Once you have read the entries, copy all of them exactly.

Source data section start

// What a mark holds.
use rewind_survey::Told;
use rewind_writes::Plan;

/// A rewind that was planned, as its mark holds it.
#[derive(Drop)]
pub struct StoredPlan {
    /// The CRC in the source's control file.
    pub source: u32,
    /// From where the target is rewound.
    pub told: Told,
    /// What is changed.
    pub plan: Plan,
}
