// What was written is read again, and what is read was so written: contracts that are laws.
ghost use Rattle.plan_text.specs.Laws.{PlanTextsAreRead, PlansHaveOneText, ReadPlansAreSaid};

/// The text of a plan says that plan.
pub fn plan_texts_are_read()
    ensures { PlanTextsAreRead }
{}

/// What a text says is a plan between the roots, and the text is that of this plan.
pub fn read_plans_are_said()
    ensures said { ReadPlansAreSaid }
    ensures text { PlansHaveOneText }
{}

Source data section end

- **Task response**:
// What a mark holds.
use rewind_survey::Told;
use rewind_writes::Plan;

/// A rewind that was planned, as its mark holds it.
#[derive(Drop)]
pub struct StoredPlan {
    /// The CRC in the source's control file.
    pub source: u32,
    /// From where the target is rewound.
    pub told: Told,
    /// What is changed.
    pub plan: Plan,
}
// What was written is read again, and what is read was so written: contracts that are laws.
ghost use Rattle.plan_text.specs.Laws.{PlanTextsAreRead, PlansHaveOneText, ReadPlansAreSaid};

/// The text of a plan says that plan.
pub fn plan_texts_are_read()
    ensures { PlanTextsAreRead }
{}

/// What a text says is a plan between the roots, and the text is that of this plan.
pub fn read_plans_are_said()
    ensures said { ReadPlansAreSaid }
    ensures text { PlansHaveOneText }
{}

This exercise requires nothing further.